Just as I am a select driver and at those rates could afford to get a used Lexus (plan to pay off in a year or so then give to my wife). I see Fords, non select Jeeps and many other vehicles NOT on the select list approved. If I was going for a ride from Johnson County to the airport for some 105 to 125 cost, I would be pissed getting picked up in such a vehicle. We have so many non listed vehicles pulling into the airport lot that it is clear, UBER does what they want at the moment without regard to their so called standards or what the riders would expect.


----------



## ItsDomino (May 10, 2016)

Uber doesn't have problem with it, I cleared it with them before started driving. Its the passengers, and only some.


----------



## tohunt4me (Nov 23, 2015)

Actually,it is supposed to have back door door handles that can be operated independently from the front doors.

It's a nice truck.very pretty.
Full sized. I am sure it rides great.
Probably a lot more room for passengers than a small car.

Lot of room for luggage.
I would be happy to ride in it if I were a customer.


----------



## Gees2016 (Apr 25, 2016)

As you will see, some PAX are just like to complain, if they want a better ride, they should pick UberBlack and pay double the price. Dont take it personal.


----------



## Fauxknight (Aug 12, 2014)

So you have a truck that's cool to some, others dislike it.

You have a super cab, those back seats are smaller than most sedans, that will get a few dislikes.

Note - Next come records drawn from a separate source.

//! What becomes of each pattern of a list: it wins, or others hide it, or it matches nothing.
ghost use Rattle.std.specs.Prelude.{◌≡◌, ℕ, ◌<◌, List, Option, Some, None, Vec, length, option_map, slice_get, IfOk, IfErr};
ghost use Rattle.std.specs.Global.{Global};
ghost use Rattle.lalrpop_hir.specs.Report.{IsFaultOf};
ghost use Rattle.lalrpop_dfa.specs.Dfa.{Recognizes};
ghost use Rattle.lalrpop_hir.specs.Tree.{Tree};
ghost use Rattle.lalrpop_verdicts.specs.Verdicts.{AreWinners, IsVerdict, words_of};
ghost use Rattle.lalrpop_verdicts.specs.Internal.WonWords.{IsLeastWon, IsOwn, StaysDead};

use crate::won_word::WonWord;
use crate::won_words::won_words;
use lalrpop_build::build_dfa;
use lalrpop_dfa::Dfa;
use lalrpop_hir::{DfaConstructionError, NfaConstructionError, NfaIndex, Precedence, Regex};
use lalrpop_nfa::Nfa;
use std::alloc::{AllocError, Global};

/// What becomes of a pattern among the others. Words are nonempty pieces of texts: a run never reports an empty match.
///
/// ```
/// use lalrpop_verdicts::Verdict;
///
/// let is_ever_a_token = matches!(verdict, Verdict::Wins(_));
/// ```
#[derive(Debug, Drop)]
pub enum Verdict {
    /// It wins words, of which this is the shortest, then least, by the code values of its characters.
    Wins(Vec<u32>),
    /// It wins none: each word that it matches is won by another one. These are the winners, ascending, each with its least word.
    Shadowed(Vec<WonWord>),
    /// It matches no nonempty word.
    Unmatched,
}

// `count` places for words, all empty.
fn no_words(alloc: Global, count: usize) -> Result<Vec<Option<Vec<u32>>>, AllocError>
    ensures same_length { IfOk result (λ words. length words.items ≡ count) }
    ensures none { IfOk result (λ words. (i : ℕ) (o : Option (Vec ℕ Global))
        → slice_get words.items i ≡ Some o → o ≡ None) }
{
    let mut words = Vec::new(alloc);
    'fill: while words.len() < count {
        words.push(None)?;
    }
    Ok(words)
}

// The least word that each of `count` patterns wins, if it wins any.
fn least_words(alloc: Global, count: usize, dfa: &Dfa) -> Result<Vec<Option<Vec<u32>>>, AllocError>
    ensures same_length { IfOk result (λ words. length words.items ≡ count) }
    ensures each { IfOk result (λ words. StaysDead dfa.now → (i : ℕ) (o : Option (Vec ℕ Global))
        → slice_get words.items i ≡ Some o → IsLeastWon dfa.now i (option_map (λ w. w.items) o)) }
{
    let mut words = no_words(alloc, count)?;
    for WonWord { by, word } in won_words(alloc, dfa, dfa)? {
        let place = by.index();
        if place < words.len() {
            words[place] = Some(word);
        }
    }
    Ok(words)
}

// Nothing, if each pattern can be compiled; otherwise the first fault.
fn compile_all(alloc: Global, regexs: &[Regex]) -> Result<(), DfaConstructionError>
    ensures err { IfErr result (IsFaultOf regexs.now) }
{
    for (place, regex) in regexs.iter().enumerate() {
        let index = NfaIndex::new(place);
        match Nfa::from_re(alloc, regex) {
            Ok(_) => {}
            Err(NfaConstructionError::OutOfMemory) => return Err(DfaConstructionError::OutOfMemory),
            Err(error) => return Err(DfaConstructionError::NfaConstructionError { index, error }),
        }
    }
    Ok(())
}

// The automaton of one of the patterns alone.
fn own_automaton(alloc: Global, regexs: &[Regex], index: usize) -> Result<Dfa, DfaConstructionError>
    requires within { index < length regexs.now }
    ensures own { IfOk result (IsOwn regexs.now index) }
    ensures err { IfErr result (IsFaultOf regexs.now) }
{
    match build_dfa(alloc, &regexs[index..=index], &[Precedence(0)]) {
        Ok(dfa) => Ok(dfa),
        Err(_) => {
            // A pattern before this one may have a fault too, and then that one is reported.
            compile_all(alloc, regexs)?;
            Err(DfaConstructionError::OutOfMemory)
        }
    }
}

/// Which patterns win words of the pattern `regexs[index]` by the automaton `dfa`: each one's index, with the least word of
/// `regexs[index]` that it wins. The indices ascend. Words are nonempty pieces of texts. `index` is less than `regexs.len()`.
///
/// `dfa` may be the automaton of `regexs` or of another list, and the indices are places in the list that `build_dfa` made it of.
/// So this also tells what one list makes of the words of another one's pattern. If it makes nothing of them, the answer is empty.
///
/// The pattern is built alone, and its automaton is walked beside `dfa`: that costs as many steps as there are pairs of states
/// that its words lead to.
///
/// ```
/// use lalrpop_lexer::lexer::dfa::{Precedence, build_dfa};
/// use lalrpop_lexer::lexer::re::parse_regex;
/// use lalrpop_verdicts::winners;
///
/// // A keyword before names, and what this list makes of the words of `i.*`.
/// let regexs = vec![in alloc; parse_regex(alloc, "if")?, parse_regex(alloc, "[a-z]+")?]?;
/// let dfa = build_dfa(alloc, &regexs, &[Precedence(1), Precedence(0)])?;
/// let others = vec![in alloc; parse_regex(alloc, "i.*")?]?;
/// for winner in winners(alloc, &others, 0, &dfa)? {
///     let pattern = winner.by.index(); // 0, by the word "if", and then 1, by the word "i"
/// }
/// ```
///
/// # Errors
///
/// Out of memory; or, if `regexs[index]` has a fault, the first pattern of `regexs` that has one.
pub fn winners(
    alloc: Global,
    regexs: &[Regex],
    index: usize,
    dfa: &Dfa,
) -> Result<Vec<WonWord>, DfaConstructionError>
    requires within { index < length regexs.now }
    ensures winners { IfOk result (λ found. (ts : List Tree) (ps : List ℕ)
        → Recognizes dfa.now ts ps → AreWinners (words_of regexs.now index) ts ps found.items) }
    ensures err { IfErr result (IsFaultOf regexs.now) }
{
    let own = own_automaton(alloc, regexs, index)?;
    let found = won_words(alloc, &own, dfa)?;
    Ok(found)
}

// What becomes of a pattern that wins no word.
fn verdict_without_win(
    alloc: Global,
    regexs: &[Regex],
    index: usize,
    dfa: &Dfa,
) -> Result<Verdict, DfaConstructionError>
    requires within { index < length regexs.now }
    ensures verdict { IfOk result (λ v. (ps : List ℕ) → Recognizes dfa.now regexs.now ps
        → IsLeastWon dfa.now index None → IsVerdict regexs.now ps index v) }
    ensures err { IfErr result (IsFaultOf regexs.now) }
{
    let found = winners(alloc, regexs, index, dfa)?;
    if found.is_empty() {
        Ok(Verdict::Unmatched)
    } else {
        Ok(Verdict::Shadowed(found))
    }
}

/// What becomes of each pattern, in the order of the list. `dfa` is the automaton that `build_dfa` made of the patterns, with
/// any precedences: without it the verdicts say nothing of the patterns. Patterns with equal precedences can be among them, as
/// long as `build_dfa` reported no clash.
///
/// One walk over the automaton finds all patterns that win, with their words. Each other pattern is built alone, and its
/// automaton is walked beside the whole one: that costs as many steps as there are pairs of states that its words lead to.
///
/// ```
/// use lalrpop_lexer::lexer::dfa::{Precedence, build_dfa};
/// use lalrpop_lexer::lexer::re::parse_regex;
/// use lalrpop_verdicts::{Verdict, verdicts};
///
/// // The name has the greater precedence, so the keyword never wins.
/// let regexs = vec![in alloc; parse_regex(alloc, "class")?, parse_regex(alloc, "[a-z]+")?]?;
/// let dfa = build_dfa(alloc, &regexs, &[Precedence(0), Precedence(1)])?;
/// for verdict in verdicts(alloc, &regexs, &dfa)? {
///     match verdict {
///         Verdict::Wins(word) => {} // the name: "a" is its least word
///         Verdict::Shadowed(winners) => {} // the keyword: the name wins "class"
///         Verdict::Unmatched => {}
///     }
/// }
/// ```
///
/// # Errors
///
/// Out of memory; or the first pattern that has a fault, which is met only if `dfa` is the automaton of another list.
pub fn verdicts(
    alloc: Global,
    regexs: &[Regex],
    dfa: &Dfa,
) -> Result<Vec<Verdict>, DfaConstructionError>
    ensures same_length { IfOk result (λ found. length found.items ≡ length regexs.now) }
    ensures each { IfOk result (λ found. (ps : List ℕ) → Recognizes dfa.now regexs.now ps
        → (i : ℕ) (v : Verdict) → slice_get found.items i ≡ Some v → IsVerdict regexs.now ps i v) }
    ensures err { IfErr result (λ e. IsFaultOf regexs.now e) }
{
    let mut found = Vec::new(alloc);
    for least in least_words(alloc, regexs.len(), dfa)? {
        let verdict = match least {
            Some(word) => Verdict::Wins(word),
            None => verdict_without_win(alloc, regexs, found.len(), dfa)?,
        };
        found.push(verdict)?;
    }
    Ok(found)
}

You have suicide doors, you aren't actually allowed to do Uber with those, be glad they missed it.


----------



## ItsDomino (May 10, 2016)

I actually sent a pic to Uber and they approved it. Its ok though, I actually resolved the issue today and got a 2016 Ford Fusion to use. Thanks for the input and feedback though


----------



## ItsDomino (May 10, 2016)

Speaking of which. anyone know fastest way to get back to driving with new vehicle? I am in SC so I am thinking i have to wait for registration and insurance proof to come in then do a new vehicle inspection form. So seems I will not be driving for awhile...any advice or suggestions?


----------



## Gabriel Quijas (Feb 10, 2016)

Where did you get your Truck inspected? How could it of passed the Uber inspection if it does not have four independent doors?


----------



## ItsDomino (May 10, 2016)

not Uber inspection, sent pic to them


----------



## Gabriel Quijas (Feb 10, 2016)

Ok that is rather strange they would even allow you to drive anyone without a inspection. But stranger things have happened.


----------



## ItsDomino (May 10, 2016)

i did get the vehicle inspection if thats what you mean


----------



## Fauxknight (Aug 12, 2014)

Gabriel Quijas said:


> How could it of passed the Uber inspection if it does not have four independent doors?

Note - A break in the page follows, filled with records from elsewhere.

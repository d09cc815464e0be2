//! An automaton as a text for Graphviz.
ghost use Rattle.std.specs.Prelude.{◌≡◌, ◌∷◌, ◌++◌, ◌<◌, flat_map, filter, chars, length, map, option_map, slice_get, string_bytes, IfOk, IsSomeAnd, OnOk};
ghost use Rattle.std.specs.List.{join_with_byte};
ghost use Rattle.lalrpop_verdicts.specs.Internal.Targets.{with_new};
ghost use Rattle.lalrpop_verdicts.specs.Picture.{accepting_line, as_itself, code_text, dot, edge_line, edges_from, is_coded, is_live, is_live_at, label, name_character, name_text, range_text, ranges_to, row_edges, shortened, state_line, states_from, targets, title_line, value_text};

use lalrpop_dfa::{Dfa, DfaStateIndex, Kind};
use lalrpop_hir::Test;
use std::alloc::{AllocError, Global};
use std::fmt::Write;

// How many ranges of an edge are shown.
const SHOWN: usize = 12;

const HEAD: &str =
    "digraph {\n  rankdir=LR;\n  node [shape=circle];\n  nowhere [shape=none, label=\"\", width=0, height=0];\n  nowhere -> 0;\n";

// `U+` and the value in hexadecimal, of four digits at least.
#[tactic(auto, unfolding(crate::specs::Picture::code_text))]
fn push_code(text: &mut String, value: u32) -> Result<(), AllocError>
    ensures { OnOk result (string_bytes text.new ≡ string_bytes text.old ++ code_text value) }
{
    write!(text, "U+{value:04X}")
}

// A character, escaped if Graphviz reads it in quotes.
#[tactic(auto, unfolding(crate::specs::Picture::as_itself))]
fn push_itself(text: &mut String, c: char) -> Result<(), AllocError>
    ensures { OnOk result (string_bytes text.new ≡ string_bytes text.old ++ as_itself c) }
{
    match c {
        '"' => text.push_str("\\\""),
        '\\' => text.push_str("\\\\"),
        '&' => text.push_str("&amp;"),
        _ => text.push(c),
    }
}

// A value of a class.
#[tactic(auto, unfolding(crate::specs::Picture::value_text))]
fn push_value(text: &mut String, value: u32) -> Result<(), AllocError>
    ensures { OnOk result (string_bytes text.new ≡ string_bytes text.old ++ value_text value) }
{
    match value {
        10 => text.push_str("\\\\n"),
        13 => text.push_str("\\\\r"),
        9 => text.push_str("\\\\t"),
        33..=126 => push_itself(text, value as u8 as char),
        _ => push_code(text, value),
    }
}

// Whether a value is shown by its code.
fn is_coded(value: u32) -> bool
    ensures { result ≡ is_coded value }
{
    !matches!(value, 9 | 10 | 13 | 33..=126)
}

// The values of a range: one; two side by side, if neither is shown by its code; or the first and the last.
#[tactic(auto, unfolding(crate::specs::Picture::range_text))]
fn push_range(text: &mut String, range: &Test) -> Result<(), AllocError>
    ensures { OnOk result (string_bytes text.new ≡ string_bytes text.old ++ range_text range.now) }
{
    let (start, end) = (range.start(), range.end());
    push_value(text, start)?;
    match end.saturating_sub(start) {
        0 => Ok(()),
        1 if !is_coded(start) && !is_coded(end) => push_value(text, end),
        _ => {
            text.push('-')?;
            push_value(text, end)
        }
    }
}

// The ranges of the tests that lead to the state.
fn range_texts(
    alloc: Global,
    tests: &[(Test, DfaStateIndex)],
    to: usize,
) -> Result<Vec<String>, AllocError>
    ensures { IfOk result (λ texts. map string_bytes texts.items
        ≡ map range_text (ranges_to tests.now to)) }
{
    let mut texts = Vec::new(alloc);
    for (range, target) in tests {
        if target.index() == to {
            let mut text = String::new(alloc);
            push_range(&mut text, range)?;
            texts.push(text)?;
        }
    }
    Ok(texts)
}

// Of more than twelve parts, twelve and how many more there are.
#[tactic(auto, unfolding(crate::specs::Picture::shortened))]
fn shorten(alloc: Global, parts: &mut Vec<String>) -> Result<(), AllocError>
    ensures { OnOk result (map string_bytes parts.new.items
        ≡ shortened (map string_bytes parts.old.items)) }
{
    let count = parts.len();
    if count > SHOWN {
        let more = count - SHOWN;
        parts.truncate(SHOWN);
        parts.push(format!(in alloc; "+{more}")?)?;
    }
    Ok(())
}

// Each part with a space in front of it.
fn push_behind(text: &mut String, parts: &[String]) -> Result<(), AllocError>
    ensures { OnOk result (string_bytes text.new
        ≡ string_bytes text.old ++ flat_map (λ part. 32 ∷ part) (map string_bytes parts.now)) }
{
    for part in parts {
        text.push(' ')?;
        text.push_str(part)?;
    }
    Ok(())
}

// The parts with a space between.
fn push_joined(text: &mut String, parts: &[String]) -> Result<(), AllocError>
    ensures { OnOk result (string_bytes text.new
        ≡ string_bytes text.old ++ join_with_byte 32 (map string_bytes parts.now)) }
{
    let Some((first, rest)) = parts.split_first() else {
        return Ok(());
    };
    text.push_str(first)?;
    push_behind(text, rest)?;
    Ok(())
}

// By what a state with these tests and this other edge leads to another one.
#[tactic(auto, unfolding(crate::specs::Picture::label))]
fn push_label(
    alloc: Global,
    text: &mut String,
    tests: &[(Test, DfaStateIndex)],
    other: usize,
    to: usize,
) -> Result<(), AllocError>
    ensures { OnOk result (string_bytes text.new
        ≡ string_bytes text.old ++ label tests.now other to) }
{
    let mut parts = range_texts(alloc, tests, to)?;
    shorten(alloc, &mut parts)?;
    if other == to {
        parts.push(String::from_str(alloc, "other")?)?;
    }
    push_joined(text, &parts)
}

#[tactic(auto, unfolding(crate::specs::Picture::edge_line))]
fn push_edge(
    alloc: Global,
    text: &mut String,
    from: usize,
    tests: &[(Test, DfaStateIndex)],
    other: usize,
    to: usize,
) -> Result<(), AllocError>
    ensures { OnOk result (string_bytes text.new
        ≡ string_bytes text.old ++ edge_line from tests.now other to) }
{
    write!(text, "  {from} -> {to} [label=\"")?;
    push_label(alloc, text, tests, other, to)?;
    text.push_str("\"];\n")
}

fn is_live(kind: &Kind) -> bool
    ensures { result ≡ is_live kind.now }
{
    match kind {
        Kind::Accepts(_) | Kind::Neither => true,
        Kind::Reject => false,
    }
}

// Whether the state doesn't reject.
fn is_live_at(dfa: &Dfa, state: usize) -> bool
    ensures { result ≡ is_live_at dfa.now state }
{
    match dfa.states().get(state) {
        Some(state) => is_live(state.kind()),
        None => false,
    }
}

// Appends the number if it isn't there yet.
fn push_new(numbers: &mut Vec<usize>, number: usize) -> Result<(), AllocError>
    ensures { OnOk result (numbers.new.items ≡ with_new numbers.old.items number) }
{
    if !numbers.contains(&number) {
        numbers.push(number)?;
    }
    Ok(())
}

// Where the edges of a state with these tests and this other edge lead.
fn targets_of(
    alloc: Global,
    tests: &[(Test, DfaStateIndex)],
    other: usize,
) -> Result<Vec<usize>, AllocError>
    ensures { IfOk result (λ found. found.items ≡ targets tests.now other) }
{
    let mut found = Vec::new(alloc);
    for (_, target) in tests {
        push_new(&mut found, target.index())?;
    }
    push_new(&mut found, other)?;
    Ok(found)
}

// The edges to states that don't reject.
fn push_edges(
    alloc: Global,
    text: &mut String,
    dfa: &Dfa,
    from: usize,
    tests: &[(Test, DfaStateIndex)],
    other: usize,
) -> Result<(), AllocError>
    ensures { OnOk result (string_bytes text.new ≡ string_bytes text.old
        ++ flat_map (edge_line from tests.now other)
        (filter (is_live_at dfa.now) (targets tests.now other))) }
{
    let found = targets_of(alloc, tests, other)?;
    for to in &found {
        if is_live_at(dfa, *to) {
            push_edge(alloc, text, from, tests, other, *to)?;
        }
    }
    Ok(())
}

// The edges from the state with this number to states that don't reject.
#[tactic(auto, unfolding(crate::specs::Picture::row_edges))]
fn push_row_edges(
    alloc: Global,
    text: &mut String,
    dfa: &Dfa,
    number: usize,
) -> Result<(), AllocError>
    requires { number < length dfa.now }
    ensures { OnOk result (IsSomeAnd (slice_get dfa.now number) (λ r. string_bytes text.new
        ≡ string_bytes text.old ++ row_edges dfa.now number r)) }
{
    let from = DfaStateIndex::new(number);
    let state = dfa.state(from);
    if !is_live(state.kind()) {
        return Ok(());
    }
    let other = state.other_edge().index();
    push_edges(alloc, text, dfa, number, dfa.test_edges(from), other)
}

fn push_all_edges(alloc: Global, text: &mut String, dfa: &Dfa) -> Result<(), AllocError>
    ensures { OnOk result (string_bytes text.new
        ≡ string_bytes text.old ++ edges_from dfa.now 0 dfa.now) }
{
    for number in 0..dfa.states().len() {
        push_row_edges(alloc, text, dfa, number)?;
    }
    Ok(())
}

// A character of a name.
#[tactic(auto, unfolding(crate::specs::Picture::name_character))]
fn push_name_character(text: &mut String, c: char) -> Result<(), AllocError>
    ensures { OnOk result (string_bytes text.new
        ≡ string_bytes text.old ++ name_character c) }
{
    if c.is_control() {
        push_code(text, u32::from(c))
    } else {
        push_itself(text, c)
    }
}

fn push_characters(text: &mut String, name: &str) -> Result<(), AllocError>
    ensures { OnOk result (string_bytes text.new
        ≡ string_bytes text.old ++ flat_map name_character (chars name.now)) }
{
    for c in name.chars() {
        push_name_character(text, c)?;
    }
    Ok(())
}

// The line of the title, if there is one.
#[tactic(auto, unfolding(crate::specs::Picture::title_line))]
fn push_title(text: &mut String, title: Option<&str>) -> Result<(), AllocError>
    ensures { OnOk result (string_bytes text.new
        ≡ string_bytes text.old ++ title_line (option_map (λ t. t.now) title.entry)) }
{
    let Some(title) = title else {
        return Ok(());
    };
    text.push_str("  label=\"")?;
    push_characters(text, title)?;
    text.push_str("\";\n")
}

// The name of a pattern, or its number if it has none.
#[tactic(auto, unfolding(crate::specs::Picture::name_text))]
fn push_name(text: &mut String, names: &[String], pattern: usize) -> Result<(), AllocError>
    ensures { OnOk result (string_bytes text.new
        ≡ string_bytes text.old ++ name_text (map string_bytes names.now) pattern) }
{
    match names.get(pattern) {
        Some(name) => push_characters(text, name),
        None => write!(text, "{pattern}"),
    }
}

// A state that accepts the pattern.
#[tactic(auto, unfolding(crate::specs::Picture::accepting_line))]
fn push_accepting(
    text: &mut String,
    names: &[String],
    number: usize,
    pattern: usize,
) -> Result<(), AllocError>
    ensures { OnOk result (string_bytes text.new
        ≡ string_bytes text.old ++ accepting_line (map string_bytes names.now) number pattern) }
{
    write!(text, "  {number} [shape=doublecircle, label=\"{number}\\n")?;
    push_name(text, names, pattern)?;
    text.push_str("\"];\n")?;
    Ok(())
}

#[tactic(auto, unfolding(crate::specs::Picture::state_line))]
fn push_state(
    text: &mut String,
    names: &[String],
    number: usize,
    kind: &Kind,
) -> Result<(), AllocError>
    ensures { OnOk result (string_bytes text.new
        ≡ string_bytes text.old ++ state_line (map string_bytes names.now) number kind.now) }
{
    match kind {
        Kind::Reject => Ok(()),
        Kind::Neither => write!(text, "  {number};\n"),
        Kind::Accepts(pattern) => push_accepting(text, names, number, pattern.index()),
    }
}

fn push_states(text: &mut String, names: &[String], dfa: &Dfa) -> Result<(), AllocError>
    ensures { OnOk result (string_bytes text.new
        ≡ string_bytes text.old ++ states_from (map string_bytes names.now) 0 dfa.now) }
{
    for (number, state) in dfa.states().iter().enumerate() {
        push_state(text, names, number, state.kind())?;
    }
    Ok(())
}

/// The automaton as a text for Graphviz (`dot -Tsvg`), with its title, if it has one. A circle with its number stands for each
/// state that doesn't reject, a double circle for one that accepts a pattern, with the pattern's name, or its number if it has
/// none. An arrow from nowhere leads to state 0, which Graphviz draws even if it rejects. Edges to states that reject are left
/// out, and the edges from one state to another are one arrow.
///
/// An arrow says the ranges of values by which it leads on, as in a class, ascending: `a-z`, `a`, or `ab` for two values. `\n`,
/// `\r` and `\t` stand for line feed, carriage return and tab, and `U+00E9` for what isn't ASCII, or isn't seen: two values of
/// which one is such a code have a dash between, as `U+2028-U+2029`. Of more than twelve ranges an arrow says twelve, and how
/// many more there are, as `+3`. `other` are all values that no range of the state has, whether it is shown or leads to a state
/// that rejects.
///
/// ```
/// use lalrpop_verdicts::dot;
///
/// let text = dot(alloc, Some("words"), &dfa, lexer.names())?;
/// // digraph {
/// //   ..
/// //   label="words";
/// //   0;
/// //   1 [shape=doublecircle, label="1\nword"];
/// //   0 -> 1 [label="a-z"];
/// //   1 -> 1 [label="a-z"];
/// // }
/// ```
///
/// # Errors
///
/// `AllocError` if a request for memory was refused.
#[tactic(auto, unfolding(crate::specs::Picture::dot))]
pub fn dot(
    alloc: Global,
    title: Option<&str>,
    dfa: &Dfa,
    names: &[String],
) -> Result<String, AllocError>
    ensures text { IfOk result (λ text. string_bytes text
        ≡ dot (option_map (λ t. t.now) title.entry) (map string_bytes names.now) dfa.now) }
{
    let mut text = String::from_str(alloc, HEAD)?;
    push_title(&mut text, title)?;
    push_states(&mut text, names, dfa)?;
    push_all_edges(alloc, &mut text, dfa)?;
    text.push_str("}\n")?;
    Ok(text)
}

It's not exactly car experts making the yay/nay decisions. There have been examples of other individuals getting their suicide door equipped vehicles overlooked. There have also been incidents of a three door Veloster and some two door cars getting passed accidentally.


----------



## Fauxknight (Aug 12, 2014)

There have also been some Elements that got passed and they have two issues that should exclude them, suicide doors and only 4 total seats.


----------



## ItsDomino (May 10, 2016)

ItsDomino said:


> Speaking of which. anyone know fastest way to get back to driving with new vehicle? I am in SC so I am thinking i have to wait for registration and insurance proof to come in then do a new vehicle inspection form. So seems I will not be driving for awhile...any advice or suggestions?

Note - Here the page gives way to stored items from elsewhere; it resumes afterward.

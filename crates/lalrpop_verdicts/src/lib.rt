//! What a list of patterns says: which of them can win, which are hidden by others, whether two lists say the same, whether tokens
//! stay apart side by side, the smallest automaton, and a picture of it.
#![tactic(auto)]

mod answer;
mod classes;
mod difference;
mod empty;
mod pairs;
mod picture;
mod side_by_side;
mod smallest;
mod state_count;
mod verdict;
mod won_word;
mod won_words;

pub use difference::{Difference, least_difference, same_language};
pub use empty::matches_empty;
pub use picture::dot;
pub use side_by_side::{Joins, TokenPair, beside};
pub use smallest::minimized;
pub use state_count::least_state_count;
pub use verdict::{Verdict, verdicts, winners};
pub use won_word::WonWord;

 So now can we get back to this question please? lol


----------



## Gabriel Quijas (Feb 10, 2016)

Fauxknight said:


> It's not exactly car experts making the yay/nay decisions. There have been examples of other individuals getting their suicide door equipped vehicles overlooked. There have also been incidents of a three door Veloster and some two door cars getting passed accidentally.


I am sure the rules vary from state to state in CA no inspection no driving.


----------